- Born: 1938 Erie, Pennsylvania, U.S.
- Died: June 7, 1994 (aged 55–56) Erie, Pennsylvania, U.S.
- Known for: Sculpture, printmaking

= John Silk Deckard =

American sculptor (1938–1994)

John Silk Deckard (1938 – June 7, 1994) was an American artist from Erie, Pennsylvania. He worked in a number of media, including drawing, painting, printmaking, and sculpture.

==Life and work==

Deckard studied art under Joseph Plavcan, also from Erie. He studied with Plavcan until the age of 17, at which point he earned a scholarship to attend the Pennsylvania Academy of the Fine Arts in Philadelphia. He also studied at Edinboro State College, Carnegie Mellon University, the University of Pennsylvania, and the Pratt Institute in Brooklyn. He began his career with making prints, and it was in this medium that he first began to explore the recurring themes that would appear in his work throughout his career: alienation, sacrifice, and powerlessness.

His first acceptance into a major exhibition was in New York City in 1965, where the Associated American Artists invited him to participate in an exhibit entitled A New Generation of American Printmakers. That same year, the Pennsylvania Academy of the Fine Arts included his work in their Annual Exhibition, and the Boston Printmakers included him in the Boston Printmakers Annual Print Exhibition. Then, the following year, he was included again in the Boston Printmakers Annual Print Exhibition, as well as the Whitney Museum of American Art's Annual Exhibition 1966: Contemporary Sculpture and Prints. In 1967, his prints were once again included in the Annual Exhibition put on by the Pennsylvania Academy of the Fine Arts.

He continued to work in a variety of media, including printmaking, but also painting, drawing, and sculpture. He began to favor sculpture as an artistic medium starting in the 1970s, and continued to use predominantly sculpture for the remainder of his career.

== List of notable works ==

- Didactic Dance, Print, 1964, located in the National Gallery of Art, Washington, D.C.
- Cruciform-Transfiguration, Sculpture, 1977, located at Holy Cross Church, Erie, PA.
- Eternal Vigilance, Sculpture, 1978, located at the Erie Art Museum, Erie, PA.
- Knifeman, Sculpture, 1986, located at the Wichita Art Museum, Wichita, Kansas.

== Eternal Vigilance ==

One of Deckard's most recognizable works is Eternal Vigilance, a large bronze sculpture that sits in front of the Erie Art Museum on State Street. It is in front of the Old Customs House, one of the five buildings that make up what is today the Erie Art Museum. The sculpture itself depicts "a moment of tortured humanity captured in 500 pounds of bronze". It is a larger-than-life-sized figure with disproportionately large hands and feet, curled up in fetal position, clutching himself, with a tortured expression on his face.
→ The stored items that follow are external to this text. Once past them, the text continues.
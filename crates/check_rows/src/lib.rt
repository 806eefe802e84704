//! The tables by themselves, and the plain program, on histories that were worked out by hand: tests alone.
#![tactic(auto)]

#[cfg(test)]
mod deliveries;
#[cfg(test)]
mod fates;
#[cfg(test)]
mod gathering;
#[cfg(test)]
mod leases;
#[cfg(test)]
mod plain;
#[cfg(test)]
mod rooms;
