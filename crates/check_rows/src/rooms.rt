// The tries of a few pairs, worked out by hand.
use std::mem::size_of;
use std::test::Fail;
use ws_model::How;
use ws_tries::{Tries, Try};

fn made(serial: u64, t: u64, how: How) -> Try {
    Try { serial, t, how }
}

#[test]
fn a_try_is_compact(rt: HostRuntime) -> Result<(), Fail> {
    assert_eq!(rt; size_of::<Try>(), 24);
    Ok(())
}

#[test]
fn pairs_and_their_tries(rt: HostRuntime) -> Result<(), Fail> {
    let mut tries = Tries::empty(rt.alloc());
    assert!(rt; tries.of(1, 2).is_none());
    tries.make_rooms(&[(1, 2), (2, 1)])?;
    tries.make_room(2, 3)?;
    tries.add(1, 2, made(7, 1010, How::Missed(503)));
    tries.add(2, 1, made(8, 1010, How::Gone));
    tries.add(1, 2, made(9, 1020, How::Done));
    let wanted = [made(7, 1010, How::Missed(503)), made(9, 1020, How::Done)];
    assert_eq!(rt; tries.of(1, 2), Some(&wanted[..]));
    let mut pairs = tries
        .rooms()
        .map(|(pair, room)| (*pair, room.as_slice().len()));
    assert_eq!(rt; pairs.next(), Some(((1, 2), 2)));
    assert_eq!(rt; pairs.next(), Some(((2, 1), 1)));
    assert_eq!(rt; pairs.next(), Some(((2, 3), 0)));
    assert_eq!(rt; pairs.next(), None);
    let mut leases = tries.rooms_of(2).map(|(pair, _)| pair.1);
    assert_eq!(rt; leases.next(), Some(1));
    assert_eq!(rt; leases.next(), Some(3));
    assert_eq!(rt; leases.next(), None);
    tries.give_back(1, 2);
    assert!(rt; tries.of(1, 2).is_none());
    assert_eq!(rt; tries.of(2, 1), Some(&[made(8, 1010, How::Gone)][..]));
    tries.give_back_version(2);
    assert_eq!(rt; (tries.of(2, 1), tries.of(2, 3)), (None, None));
    tries.make_rooms(&[(3, 1), (4, 1)])?;
    tries.give_back_all(&[(3, 1)]);
    assert!(rt; tries.of(3, 1).is_none());
    assert!(rt; tries.of(4, 1).is_some());
    Ok(())
}

#[test]
fn rooms_by_lease(rt: HostRuntime) -> Result<(), Fail> {
    let mut tries = Tries::empty(rt.alloc());
    assert_eq!(rt; tries.next_version(2, 0), None);
    tries.make_rooms(&[(5, 2), (3, 2), (4, 1), (3, 1), (9, 3)])?;
    assert_eq!(rt; tries.next_version(2, 0), Some(3));
    assert_eq!(rt; tries.next_version(2, 3), Some(3));
    assert_eq!(rt; tries.next_version(2, 4), Some(5));
    assert_eq!(rt; tries.next_version(2, 6), None);
    tries.give_back(3, 1);
    assert_eq!(rt; tries.next_version(1, 0), Some(4));
    tries.give_back_lease(2);
    assert_eq!(rt; tries.next_version(2, 0), None);
    assert_eq!(rt; (tries.of(3, 2), tries.of(5, 2)), (None, None));
    assert!(rt; tries.of(4, 1).is_some());
    assert_eq!(rt; tries.next_version(3, 0), Some(9));
    Ok(())
}
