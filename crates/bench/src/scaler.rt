// The line to the scaler: at both ends the raw discipline over the framer.
ghost use Rattle.std.specs.Prelude.{◌≡◌, IfOk};
ghost use Rattle.bench.specs.Scaler.{sent, read, ComesBack};

use disciplines::Raw;
use drive::{plain, replying};
use framer::Framer;
use item::Item;
use level::discipline::Discipline;
use level::module::Module;
use std::alloc::{AllocError, Global};

/// What goes out on a fresh line for some items.
pub fn sent_to_scaler(heap: Global, given: &[Item]) -> Result<Vec<Item>, AllocError>
    ensures value { IfOk result (λ v. v.items ≡ sent given.now) }
{
    let mut top = Raw::new();
    let mut framer = Framer::new();
    let mut passed = Vec::new(heap);
    plain::pass(&mut top.down, given, &mut passed)?;
    let mut line = Vec::new(heap);
    plain::pass(&mut framer.down, passed.as_slice(), &mut line)?;
    Ok(line)
}

/// What the scaler reads from what comes on a fresh line.
pub fn read_by_scaler(heap: Global, line: &[Item]) -> Result<Vec<Item>, AllocError>
    ensures value { IfOk result (λ v. v.items ≡ read line.now) }
{
    let mut top = Raw::new();
    let mut framer = Framer::new();
    let mut passed = Vec::new(heap);
    plain::pass(&mut framer.up, line, &mut passed)?;
    let mut reader = Vec::new(heap);
    let mut echo = Vec::new(heap);
    replying::pass(&mut top.up, passed.as_slice(), &mut reader, &mut echo)?;
    Ok(reader)
}

/// A record on its way to the scaler: the frame, and what is read from it.
#[derive(Drop)]
pub struct Exchange {
    pub frame: Vec<Item>,
    pub back: Vec<Item>,
}

// The law: a record of up to 1,024 bytes that is sent is read as it was.
#[tactic(auto, using(crate::proofs::Back::comes_back))]
fn comes_back()
    ensures law { ComesBack }
{}

/// Sends some items to the scaler, and reads them there. A record of up to 1,024 bytes is read as it was.
pub fn send_and_read_back(heap: Global, given: &[Item]) -> Result<Exchange, AllocError>
    ensures frame { IfOk result (λ e. e.frame.items ≡ sent given.now) }
    ensures back { IfOk result (λ e. e.back.items ≡ read (sent given.now)) }
    ensures law { ComesBack }
{
    comes_back();
    let frame = sent_to_scaler(heap, given)?;
    let back = read_by_scaler(heap, frame.as_slice())?;
    Ok(Exchange { frame, back })
}
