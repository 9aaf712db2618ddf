// The terminal: the canonical discipline over the case mapper.
ghost use Rattle.std.specs.Prelude.{◌≡◌, OnOk};
ghost use Rattle.bench.specs.Desk.{Started, reader_has, screen_shows, Typed, goes_out, Posted};

use case_mapper::CaseMapper;
use disciplines::Canonical;
use drive::{plain, replying};
use item::Item;
use level::discipline::Discipline;
use level::module::Module;
use std::alloc::{AllocError, Global};

#[derive(Drop)]
pub struct Desk {
    mapper: CaseMapper,
    discipline: Canonical,
}

impl Desk {
    pub fn new() -> Desk
        ensures starts { Started result }
    {
        Desk {
            mapper: CaseMapper::new(),
            discipline: Canonical::new(),
        }
    }

    /// Some items are typed. What the reader gets goes behind `reader`, and what the screen shows behind `screen`.
    pub fn typed(
        &mut self,
        heap: Global,
        given: &[Item],
        reader: &mut Vec<Item>,
        screen: &mut Vec<Item>,
    ) -> Result<(), AllocError>
        ensures reads { OnOk result (reader.new.items ≡ reader_has self.old given.now reader.old.items) }
        ensures shows { OnOk result (screen.new.items ≡ screen_shows self.old given.now screen.old.items) }
        ensures leaves { OnOk result (Typed self.old given.now self.new) }
    {
        let mut line = Vec::new(heap);
        plain::pass(&mut self.mapper.up, given, &mut line)?;
        let mut echo = Vec::new(heap);
        replying::pass(&mut self.discipline.up, line.as_slice(), reader, &mut echo)?;
        plain::pass(&mut self.mapper.echo, echo.as_slice(), screen)
    }

    /// A record is posted to the terminal. What goes out for it goes behind `out`.
    pub fn posted(
        &mut self,
        heap: Global,
        given: &[Item],
        out: &mut Vec<Item>,
    ) -> Result<(), AllocError>
        ensures goes { OnOk result (out.new.items ≡ goes_out self.old given.now out.old.items) }
        ensures leaves { OnOk result (Posted self.old given.now self.new) }
    {
        let mut passed = Vec::new(heap);
        plain::pass(&mut self.discipline.down, given, &mut passed)?;
        plain::pass(&mut self.mapper.down, passed.as_slice(), out)
    }
}
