// A bench terminal and the line to a scaler, without queues: each list goes through every lane in turn.
// Promises: what is typed becomes the lines and the screen that the rules define, a record that is posted goes out as they
// define, and a record of up to 1,024 bytes that is sent to the scaler is read back from its frame.
#![tactic(auto)]

pub mod desk;
pub mod scaler;
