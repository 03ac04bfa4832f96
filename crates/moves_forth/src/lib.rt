// Moves forth: for each of a table's first r places a row of the places that it moves to, one row for each class of states.
#![tactic(auto)]

ghost use Rattle.std.specs.Prelude.{◌≡◌, true, ℕ, ◌<◌, ◌≤◌, length, get_or, IfSome};
ghost use Rattle.rules.specs.Book.{book_lawful};
ghost use Rattle.table_lookup.specs.Lookup.{Sorted};
ghost use Rattle.meaning.specs.Promises.{most_states};
ghost use Rattle.moves.specs.Layout.{most_cells, moves_size, cells_of, start_at, end_at, HasRow, CellsOnly, PlaceSet};
ghost use Rattle.moves.specs.Moves.{SameMoves, Storable};
ghost use Rattle.moves_forth.specs.Storing.{Nexts, Listed, list_size, Filled, ForthStored};

use ground::State;
use rules::Book;

// How many next states of one place are stored at most.
const LIST: usize = 256;

// How many cells the rows forth may take: so many at first, and so many more for each place. A sheet with many classes of many next states
// is over that soon, and little work is lost; one with a few such classes is not.
const FIRST_CELLS: usize = 4096;

const CELLS_EACH: usize = 4;

// How many places a class must have, on average, for a second try.
const PLACES_EACH: usize = 4;

// Writes from `at` on, ascending, the places below r where a listed state stands; the cell after the last one written, or none where there
// is no room for all of them. The cells before `at` stay as they were. A state is likely to stand one place past the last.
fn look_up(table: &[State], r: usize, list: &[State], at: usize, cells: &mut [u16]) -> Option<usize>
    requires { Sorted table.now r × (r ≤ most_states) × Sorted list.now (length list.now) × (at ≤ length cells.old)
        × (length cells.old ≤ most_cells) }
    ensures row { IfSome result (λ to. Filled (Listed list.now (length list.now) table.now r) at cells.old cells.new to) }
    ensures before { (e : ℕ) → e < at → get_or cells.new e 0 ≡ get_or cells.old e 0 }
{
    let mut to = at;
    let mut likely: usize = 0;
    for x in list {
        let p = table_lookup::place(table, r, *x, likely);
        if table_lookup::stands(table, r, p, *x) {
            if to == cells.len() {
                return None;
            }
            cells[to] = p as u16;
            to += 1;
            likely = p + 1;
        } else {
            likely = p;
        }
    }
    Some(to)
}

// The row of a place with state s, written into the cells from `at` on: its next states are listed, and each is looked up. One with more
// than there is room for is not stored: where states have many next states, a path to anywhere is short and testing pairs finds it soon.
fn row(
    book: &Book,
    s: State,
    table: &[State],
    r: usize,
    room: &mut [State],
    at: usize,
    moves: &mut [u16],
) -> Option<usize>
    requires { Storable book.now table.now r × (book_lawful book.now s ≡ true) × (length room.old ≡ list_size)
        × (at ≤ most_cells) × (length moves.old ≡ moves_size) }
    ensures row { IfSome result (λ to. Filled (Nexts book.now table.now r s) at (cells_of moves.old)
        (cells_of moves.new) to) }
    ensures before { (e : ℕ) → e < at → get_or (cells_of moves.new) e 0 ≡ get_or (cells_of moves.old) e 0 }
    ensures rest { CellsOnly moves.old moves.new }
{
    let n = walk_listing::next_states(book, s, room);
    if n > room.len() {
        None
    } else {
        let cells = &mut moves[moves::CELLS..moves::LINKS];
        look_up(table, r, &room[..n], at, cells)
    }
}

// Whether place k stands before place i, and the states of both move to the same states.
fn same_moves(book: &Book, table: &[State], k: usize, i: usize) -> bool
    requires { i < length table.now }
    ensures { result ≡ true → SameMoves book.now table.now k i }
{
    if k >= i {
        return false;
    }
    let u = table[k];
    let s = table[i];
    book.freer(u, s) && book.freer(s, u)
}

// Gives place i the row of place k, and links it to that place.
fn share_row(moves: &mut [u16], i: usize, k: usize)
    requires { (length moves.old ≡ moves_size) × (i < most_states) × HasRow moves.old k × (start_at moves.old k ≤ most_cells) }
    ensures { PlaceSet i (start_at moves.old k) (end_at moves.old k) k moves.old moves.new }
{
    let start = moves::row_start(moves, k);
    let end = moves::row_end(moves, k);
    moves::set_place(moves, i, start, end, k);
}

// How moves are stored: soon or not at all, or patiently, where each row so far may have taken `each` cells on average.
#[derive(Clone, Copy)]
enum Pace {
    Soon,
    Patient { each: u16 },
}

impl Pace {
    // How many cells the rows so far may take, if place i is to be stored: so many at first, and so many more for each place before i, or
    // for each row so far.
    fn budget(self, i: usize, rows: usize) -> usize
        requires { (i ≤ most_states) × (rows ≤ i) }
    {
        match self {
            Pace::Soon => FIRST_CELLS + CELLS_EACH * i,
            Pace::Patient { each } => FIRST_CELLS + each as usize * rows,
        }
    }

    // How lucky a search is after a miss. A patient one goes on as before.
    fn missed(self, luck: usize) -> usize {
        match self {
            Pace::Soon => luck / 2,
            Pace::Patient { .. } => luck,
        }
    }
}

// Stores the moves forth of the table's first r places; false where there is no room for all of them, or they are over the budget. A class
// has one row: a place whose state moves where an earlier one's does gets the earlier one's row, if that place is found, and a link to it.
fn store_rows(
    book: &Book,
    table: &[State],
    r: usize,
    pace: Pace,
    moves: &mut [u16],
    places: &mut [u16],
) -> bool
    requires { Storable book.now table.now r × (length moves.old ≡ moves_size) × (length places.old ≡ moves_size) }
    ensures { ForthStored book.now table.now r moves.new result }
{
    let mut room = [0 as State; LIST];
    let mut luck = rules_classes::LUCKY;
    let mut rows: usize = 0;
    let mut at: usize = 0;
    for i in 0..r {
        if at > pace.budget(i, rows) {
            return false;
        }
        let s = table[i];
        let found = rules_classes::found(book, s, i, luck, places);
        if same_moves(book, table, found, i) {
            share_row(moves, i, found);
            luck = rules_classes::LUCKY;
        } else {
            let Some(to) = row(book, s, table, r, &mut room, at, moves) else {
                return false;
            };
            moves::set_place(moves, i, at, to, moves::NONE);
            at = to;
            rows += 1;
            luck = pace.missed(luck);
        }
    }
    true
}

// The same patiently, where there are few classes for so many places: the first places may all be of different classes, and have many next
// states each. The classes are counted, and no row may take more than its share of the cells, on average. One class more is counted, so
// that there is a share where none was met.
fn store_patiently(
    book: &Book,
    table: &[State],
    r: usize,
    moves: &mut [u16],
    places: &mut [u16],
) -> bool
    requires { Storable book.now table.now r × (length moves.old ≡ moves_size) × (length places.old ≡ moves_size) }
    ensures { ForthStored book.now table.now r moves.new result }
{
    places.fill(0);
    let few = r / PLACES_EACH;
    let met = rules_classes::number(book, table, r, few, places);
    if met > few {
        return false;
    }
    let each = (moves::MOST_CELLS / (met + 1)) as u16;
    store_rows(book, table, r, Pace::Patient { each }, moves, places)
}

// Stores the moves forth of the table's first r places, soon or patiently; false where that cannot be done. The places of classes are
// remembered in the room that is lent for them; what it holds does not matter.
pub fn store_forth(
    book: &Book,
    table: &[State],
    r: usize,
    moves: &mut [u16],
    places: &mut [u16],
) -> bool
    requires { Storable book.now table.now r × (length moves.old ≡ moves_size) × (length places.old ≡ moves_size) }
    ensures { ForthStored book.now table.now r moves.new result × (length moves.new ≡ moves_size)
        × (length places.new ≡ moves_size) }
{
    store_rows(book, table, r, Pace::Soon, moves, places)
        || store_patiently(book, table, r, moves, places)
}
The sculpture was made using the ancient lost-wax casting method. In this method, the sculptor makes a full-size model of the sculpture in wax. From the wax, a plaster cast is then made, and the wax is melted out. Then, molten bronze is poured into the mold, and it assumes the shape of the wax. Finally, the plaster cast is removed, leaving behind the sculpture in bronze. The wax version of this sculpture was made from one-quarter-inch wax sheets, then the final touches were added by flame polishing. The final version of the wax sculpture weighed 50 pounds. It was taken to a foundry in Cleveland to be cast in bronze.

The piece was initially commissioned for the Erie Art Center on West 6th Street in 1978. In 1983, the Erie Art Center became the Erie Art Museum and moved to its current location on State Street, and the sculpture was installed in front of the museum, where it remains. It is a part of the Erie Art Museum's permanent collection.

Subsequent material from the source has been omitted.